- Directions -
Up to and including the line with "is no other.", repeat every line of the listing exactly, beginning at the first.

[[ Data open ]]

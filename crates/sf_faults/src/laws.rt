//! Laws of places, each the contract of a function that does nothing.

ghost use Rattle.sf_faults.specs.Computed.{PlacesAreOverThePlane};
ghost use Rattle.sf_faults.specs.Places.{FirstFaultsHavePlaces};

/// The place of a fault that is computed is the first one over all points of the plane, and there is no other.
pub fn places_are_over_the_plane()
    ensures { PlacesAreOverThePlane }
{}

/// The first fault of a geometry has a place.
pub fn first_faults_have_places()
    ensures { FirstFaultsHavePlaces }
{}
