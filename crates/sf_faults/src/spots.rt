//! The rings of polygons, one after another.

ghost use Rattle.std.specs.Prelude.{◌≡◌, ◌++◌, Some, IfOk, IsSome, OnOk, map};
ghost use Rattle.sf_faults.specs.Orders.{placed_in, ring_of, spots};

use crate::place::Spot;
use sf_geometry::Sequence;
use sf_grid::GridPoint;
use std::alloc::{AllocError, Global};

/// The part and the number of each ring, in the order in which they are written.
pub(crate) fn spots_of(
    alloc: Global,
    polygons: &[Sequence<Sequence<GridPoint>>],
) -> Result<Vec<Spot>, AllocError>
    ensures { IfOk result (λ found. found.items ≡ spots polygons.now) }
{
    let mut found = Vec::new(alloc);
    for (part, rings) in polygons.iter().enumerate() {
        push_spots(&mut found, part, rings.as_slice())?;
    }
    Ok(found)
}

/// Adds the rings of a part.
fn push_spots(
    found: &mut Vec<Spot>,
    part: usize,
    rings: &[Sequence<GridPoint>],
) -> Result<(), AllocError>
    ensures { OnOk result (found.new.items ≡ found.old.items ++ map (λ r. r.0) (placed_in part rings.now)) }
{
    for ring in 0..rings.len() {
        found.push(Spot { part, ring })?;
    }
    Ok(())
}

/// The points of a ring.
pub(crate) fn ring_at(polygons: &[Sequence<Sequence<GridPoint>>], spot: Spot) -> &[GridPoint]
    requires { IsSome (ring_of polygons.now spot) }
    ensures { ring_of polygons.now spot ≡ Some result.now }
{
    polygons[spot.part].as_slice()[spot.ring].as_slice()
}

[[ Data closed ]]

- Result of this exercise -
filename crates/sf_faults/src/laws.rt
//! Laws of places, each the contract of a function that does nothing.

ghost use Rattle.sf_faults.specs.Computed.{PlacesAreOverThePlane};
ghost use Rattle.sf_faults.specs.Places.{FirstFaultsHavePlaces};

/// The place of a fault that is computed is the first one over all points of the plane, and there is no other.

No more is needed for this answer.